Kebijakan PPh 21 Ditanggung Pemerintah untuk sektor Horeka dinilai tidak adil oleh pekerja lintas sektor. Artikel ini mengulas dampaknya terhadap keadilan sosial, daya beli, dan ketimpangan fiskal di Indonesia.
Ketika Pajak Menjadi Cermin Martabat
Di sebuah sudut kedai kopi Bintaro Jaya, seorang barista muda menyambut kabar gembira: gajinya bulan depan tak akan dipotong pajak.Â
Pemerintah menanggung PPh 21 untuk pekerja sektor hotel, restoran, dan kafe. Di meja sebelah, seorang guru les privat hanya tersenyum pahit. Ia juga bekerja keras, juga berpenghasilan rendah, tapi tidak masuk dalam daftar penerima insentif.
Kisah ini bukan sekadar percakapan ringan. Ia adalah potret kecil dari ketegangan besar: antara logika fiskal dan empati sosial, antara selektivitas kebijakan dan harapan akan keadilan.
Data Pekerja Indonesia: Siapa yang Terlihat, Siapa yang Terlupakan?
Menurut Badan Pusat Statistik (BPS), Indonesia memiliki lebih dari 143 juta pekerja aktif per Februari 2025. Sekitar 59% berada di sektor informal, seperti: guru les, pengemudi daring, pedagang kecil, hingga pekerja kreatif digital. Mereka berkontribusi besar terhadap konsumsi domestik, namun sering luput dari radar kebijakan fiskal.
Sementara itu, pemerintah menargetkan penerimaan pajak sebesar Rp2.189 triliun tahun ini. Untuk mencapainya, sektor jasa dan digital mulai dilirik sebagai ladang pajak baru.Â
Ironisnya, insentif PPh 21 justru diberikan secara selektif kepada sektor Horeka dan padat karya.
Logika Fiskal vs Keadilan Sosial: Di Mana Titik Temunya?
Kebijakan PPh 21 Ditanggung Pemerintah (DTP) memang bertujuan mulia: menjaga daya beli dan mendorong pemulihan ekonomi. Namun, pendekatan sektoral ini menyisakan pertanyaan mendasar:
- Mengapa hanya sektor Horeka yang mendapat insentif, padahal banyak pekerja sektor lain juga berpenghasilan rendah?
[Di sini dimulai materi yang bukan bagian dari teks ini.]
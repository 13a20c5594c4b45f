//! Planes that are taken apart.

ghost use Rattle.std.specs.Prelude.{IfOk};
ghost use Rattle.ca_plane.specs.Prelude.{cell};
ghost use Rattle.ca_parts.specs.Parts.{AreApart, AreFurther};
ghost use Rattle.ca_parts.specs.Components.{ArePartsOf, DontTouch};

use crate::taking::take_part;
use ca_plane::{Memory, Plane};
use std::alloc::Global;

/// The parts of the plane's live cells, each two of which are apart, and none of which can be taken apart
/// further: cells that are within 2 of each other in both directions are in one part. They come in the order
/// of their first cells, row by row from the top, and in a row by rising x.
///
/// # Errors
///
/// Fails where there is no memory for them.
pub fn components(alloc: Global, plane: &Plane) -> Result<Vec<Plane>, Memory>
    ensures { IfOk result (λ v. ArePartsOf AreApart (cell plane.now) v.items) }
{
    parts(alloc, plane, 2)
}

/// The islands of the plane's live cells, in the same order: cells that touch, at a side or a corner, are in
/// one.
///
/// # Errors
///
/// Fails where there is no memory for them.
pub fn islands(alloc: Global, plane: &Plane) -> Result<Vec<Plane>, Memory>
    ensures { IfOk result (λ v. ArePartsOf DontTouch (cell plane.now) v.items) }
{
    parts(alloc, plane, 1)
}

// The parts, each two of which have more than `reach` between them in some direction.
fn parts(alloc: Global, plane: &Plane, reach: u8) -> Result<Vec<Plane>, Memory>
    ensures { IfOk result (λ v. ArePartsOf (AreFurther reach) (cell plane.now) v.items) }
{
    let mut left = Vec::from_slice(alloc, plane.as_slice())?;
    let mut parts = Vec::new(alloc);
    'cells: for place in 0..left.len() {
        let (at, state) = left[place];
        if state != 0 {
            let part = take_part(alloc, &mut left, place, at, reach)?;
            parts.push(part)?;
        }
    }
    Ok(parts)
}
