//! Laws of parts that never meet and of settled planes, over the definitions alone. They hold of every rule
//! under which nothing is born where nothing is live.

ghost use Rattle.std.specs.Prelude.{◌≡◌, ◌≢◌, ℕ, ◌+◌, ℤ, List, replicate};
ghost use Rattle.std.specs.List.{All, AllPairs, AllZip, Any, Contains, flat_map, sum_by};
ghost use Rattle.ca_plane.specs.Prelude.{Picture, cell, after, IsAfter, IsSame, IsLive, cells_after};
ghost use Rattle.ca_parts.specs.Prelude.{AreApart, AreApartBefore, NeverMeet, together, FallsInto, ComesBack};
ghost use Rattle.ca_parts.specs.Prelude.{IsEarlier, IsEnd, LiesIn, IsLinked, IsDivision, IsSettled, IsFiner};
ghost use Rattle.ca_parts.specs.Prelude.{IsFinerThanAll, IsFinest, IsFirstSettled};

/// As long as parts are apart, each goes on as if it were alone: after n generations the plane of all of them has
/// the cells that each one has then, together. So it is at all times of parts that never meet.
pub fn apart_parts_go_on_alone()
    ensures two { (next : List ℕ → ℕ) → next (replicate 9 0) ≡ 0 → (p q : Picture) → NeverMeet next p q
        → (n : ℕ) (x y : ℤ) → cells_after next (λ u v. cell p u v + cell q u v) n x y
        ≡ after next p n x y + after next q n x y }
    ensures all { (next : List ℕ → ℕ) → next (replicate 9 0) ≡ 0 → (parts : List Picture)
        → AllPairs (NeverMeet next) parts → (n : ℕ) (x y : ℤ)
        → cells_after next (together parts) n x y ≡ sum_by (λ p. after next p n x y) parts }
    ensures before { (next : List ℕ → ℕ) → next (replicate 9 0) ≡ 0 → (parts : List Picture) (n : ℕ)
        → AllPairs (AreApartBefore next n) parts → (x y : ℤ)
        → cells_after next (together parts) n x y ≡ sum_by (λ q. after next q n x y) parts }
{}

/// A settled plane stays settled: what a division's parts are after n generations is a division of the plane
/// then.
pub fn settled_stays_settled()
    ensures settled { (next : List ℕ → ℕ) → next (replicate 9 0) ≡ 0 → (cells : ℤ → ℤ → ℕ) (n : ℕ)
        → IsSettled next cells → IsSettled next (cells_after next cells n) }
    ensures parts { (next : List ℕ → ℕ) → next (replicate 9 0) ≡ 0 → (cells : ℤ → ℤ → ℕ) (n : ℕ)
        (parts later : List Picture) → IsDivision next cells parts
        → AllZip (λ p q. IsAfter next p n q) parts later → IsDivision next (cells_after next cells n) later }
{}

/// The same cells have one finest division at most: each part of one shows the same cells as a part of the
/// other.
pub fn one_finest_division()
    ensures { (next : List ℕ → ℕ) (cells : ℤ → ℤ → ℕ) (one two : List Picture) → IsFinest next cells one
        → IsFinest next cells two → All (λ p. Any (IsSame p) two) one }
{}

/// Where a plane falls into linked parts, each of them lies in a part of every division.
pub fn linked_parts_lie_in_parts()
    ensures { (next : List ℕ → ℕ) → next (replicate 9 0) ≡ 0 → (cells : ℤ → ℤ → ℕ)
        (parts others : List Picture) → FallsInto cells parts → All (λ p. IsLinked (cell p)) parts
        → IsDivision next cells others → IsFiner parts others }
{}

/// Where parts lie each in a part of a division, and are apart for n generations, but after n two of them aren't,
/// one part of the division holds both.
pub fn meeting_parts_lie_in_one_part()
    ensures { (next : List ℕ → ℕ) → next (replicate 9 0) ≡ 0 → (cells : ℤ → ℤ → ℕ)
        (parts others : List Picture) (n : ℕ) (p q : Picture) → ((x y : ℤ) → cells x y ≡ together parts x y)
        → IsDivision next cells others → IsFiner parts others → AllPairs (AreApartBefore next n) parts
        → Contains parts p → Contains parts q → (AreApart (after next p n) (after next q n) → ⊥)
        → Any (λ d. LiesIn p d × LiesIn q d) others }
{}

/// What comes back was one picture, any number of generations earlier, that comes back too, and no other one.
pub fn one_earlier()
    ensures some { (next : List ℕ → ℕ) → next (replicate 9 0) ≡ 0 → (p : Picture) (n : ℕ) → ComesBack next p
        → (e : Picture) × IsEarlier next n e p }
    ensures no_other { (next : List ℕ → ℕ) → next (replicate 9 0) ≡ 0 → (n : ℕ) (one two p q : Picture)
        → IsEarlier next n one p → IsEarlier next n two q → IsSame p q → IsSame one two }
{}

/// Where a division is finer than another one, each part of that one is some of its parts together: each cell of
/// the part is a cell of one of these, which lies in it.
pub fn coarse_parts_are_made_of_fine_ones()
    ensures { (next : List ℕ → ℕ) → next (replicate 9 0) ≡ 0 → (cells : ℤ → ℤ → ℕ)
        (fine coarse : List Picture) → IsDivision next cells fine → IsDivision next cells coarse
        → IsFiner fine coarse
        → All (λ q. (x y : ℤ) → cell q x y ≢ 0 → Any (λ p. LiesIn p q × (cell p x y ≡ cell q x y)) fine)
        coarse }
{}

/// Where the finest division of the plane after n generations is known, and what each of its parts was n
/// generations earlier, the plane is settled only if its finest division is into these earlier pictures. And that
/// it is if they are the plane together, and apart before n generations. Where the plane one generation earlier
/// doesn't fall into them, the plane with that finest division is the first one that is settled.
pub fn earlier_parts_tell_if_settled()
    ensures settled { (next : List ℕ → ℕ) → next (replicate 9 0) ≡ 0 → (n : ℕ) (cells : ℤ → ℤ → ℕ)
        (parts earlier : List Picture) → IsFinest next (cells_after next cells n) parts
        → AllZip (IsEarlier next n) earlier parts → IsSettled next cells → IsFinest next cells earlier }
    ensures finest { (next : List ℕ → ℕ) → next (replicate 9 0) ≡ 0 → (n : ℕ) (cells : ℤ → ℤ → ℕ)
        (parts earlier : List Picture) → IsFinest next (cells_after next cells n) parts
        → AllZip (IsEarlier next n) earlier parts → AllPairs (AreApartBefore next n) earlier
        → ((x y : ℤ) → cells x y ≡ together earlier x y) → IsFinest next cells earlier }
    ensures step { (next : List ℕ → ℕ) → next (replicate 9 0) ≡ 0 → (cells : ℤ → ℤ → ℕ)
        (parts earlier : List Picture) → IsFinest next (cells_after next cells 1) parts
        → AllZip (IsEarlier next 1) earlier parts → FallsInto cells earlier → IsFinest next cells earlier }
    ensures first { (next : List ℕ → ℕ) → next (replicate 9 0) ≡ 0 → (cells : ℤ → ℤ → ℕ) (n : ℕ)
        (parts earlier : List Picture) → IsFinest next (cells_after next cells (n + 1)) parts
        → AllZip (IsEarlier next 1) earlier parts → (FallsInto (cells_after next cells n) earlier → ⊥)
        → IsFirstSettled next cells (n + 1) }
{}

/// What a picture is in the long run, as of now: where it comes back from some generation on, there is such an
/// end, and no picture has two.
pub fn one_end()
    ensures some { (next : List ℕ → ℕ) → next (replicate 9 0) ≡ 0 → (p q : Picture) (n : ℕ)
        → IsAfter next p n q → ComesBack next q → (e : Picture) × IsEnd next p e }
    ensures no_other { (next : List ℕ → ℕ) → next (replicate 9 0) ≡ 0 → (p one two : Picture)
        → IsEnd next p one → IsEnd next p two → IsSame one two }
{}

/// Where parts never meet, an end lies in each division's part in which its picture does. So of parts that are
/// finer than every division, if the plane is settled, the ends never meet and are the plane together. And live
/// ones of them that do so are its finest division.
pub fn ends_tell_if_settled()
    ensures within { (next : List ℕ → ℕ) → next (replicate 9 0) ≡ 0 → (cells : ℤ → ℤ → ℕ)
        (parts ends : List Picture) → AllPairs (NeverMeet next) parts
        → ((x y : ℤ) → cells x y ≡ together parts x y) → AllZip (IsEnd next) parts ends
        → (others : List Picture) → IsDivision next cells others → IsFiner parts others
        → AllZip (λ p e. Any (λ d. LiesIn p d × LiesIn e d) others) parts ends }
    ensures settled { (next : List ℕ → ℕ) → next (replicate 9 0) ≡ 0 → (cells : ℤ → ℤ → ℕ)
        (parts ends : List Picture) → AllPairs (NeverMeet next) parts
        → ((x y : ℤ) → cells x y ≡ together parts x y) → AllZip (IsEnd next) parts ends
        → IsFinerThanAll next cells parts → IsSettled next cells
        → AllPairs (NeverMeet next) ends × ((x y : ℤ) → cells x y ≡ together ends x y) }
    ensures finest { (next : List ℕ → ℕ) → next (replicate 9 0) ≡ 0 → (cells : ℤ → ℤ → ℕ)
        (parts ends : List Picture) → AllPairs (NeverMeet next) parts
        → ((x y : ℤ) → cells x y ≡ together parts x y) → AllZip (IsEnd next) parts ends
        → IsFinerThanAll next cells parts → (lives : List Picture) → All IsLive lives
        → All (Contains ends) lives → AllPairs (NeverMeet next) lives
        → ((x y : ℤ) → cells x y ≡ together lives x y) → IsFinest next cells lives }
{}

/// The parts of a division of a later plane, each as it was n generations earlier, are a division of this plane,
/// if it is settled at all.
pub fn earlier_parts_are_a_division()
    ensures { (next : List ℕ → ℕ) → next (replicate 9 0) ≡ 0 → (n : ℕ) (cells : ℤ → ℤ → ℕ)
        (parts earlier : List Picture) → IsDivision next (cells_after next cells n) parts
        → AllZip (IsEarlier next n) earlier parts → IsSettled next cells → IsDivision next cells earlier }
{}

/// The finest division goes on: what its parts are after n generations is the finest division of the plane then.
pub fn later_parts_are_finest()
    ensures { (next : List ℕ → ℕ) → next (replicate 9 0) ≡ 0 → (cells : ℤ → ℤ → ℕ) (n : ℕ)
        (parts later : List Picture) → IsFinest next cells parts
        → AllZip (λ p q. IsAfter next p n q) parts later → IsFinest next (cells_after next cells n) later }
{}

/// Two divisions of the same cells have a common cut: a division that is finer than both. And each part of the one
/// is cut into parts that are a division of it, each of which lies in a part of the other.
pub fn divisions_have_a_common_cut()
    ensures whole { (next : List ℕ → ℕ) → next (replicate 9 0) ≡ 0 → (cells : ℤ → ℤ → ℕ)
        (parts others : List Picture) → IsDivision next cells parts → IsDivision next cells others
        → (cut : List Picture) × IsDivision next cells cut × IsFiner cut parts × IsFiner cut others }
    ensures part { (next : List ℕ → ℕ) → next (replicate 9 0) ≡ 0 → (cells : ℤ → ℤ → ℕ)
        (parts others : List Picture) → IsDivision next cells parts → IsDivision next cells others
        → (p : Picture) → Contains parts p
        → (cut : List Picture) × IsDivision next (cell p) cut × IsFiner cut others }
{}

/// Where a plane falls into regions, each of which has a finest division, and no two parts of these ever meet, all
/// of them are the finest division of the plane.
pub fn finest_divisions_of_regions()
    ensures { (next : List ℕ → ℕ) → next (replicate 9 0) ≡ 0 → (cells : ℤ → ℤ → ℕ)
        (regions : List Picture) (finest : List (List Picture)) → ((x y : ℤ) → cells x y ≡ together regions x y)
        → AllZip (λ region parts. IsFinest next (cell region) parts) regions finest
        → AllPairs (NeverMeet next) (flat_map (λ parts. parts) finest)
        → IsFinest next cells (flat_map (λ parts. parts) finest) }
{}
- Apakah keadilan fiskal hanya soal efisiensi, atau juga soal inklusi dan pengakuan?
Pekerja sektor pendidikan nonformal, transportasi daring, retail kecil, dan jasa digital, semuanya terdampak inflasi dan stagnasi upah. Mereka juga berjuang menjaga martabat hidup, namun tidak masuk dalam skema insentif.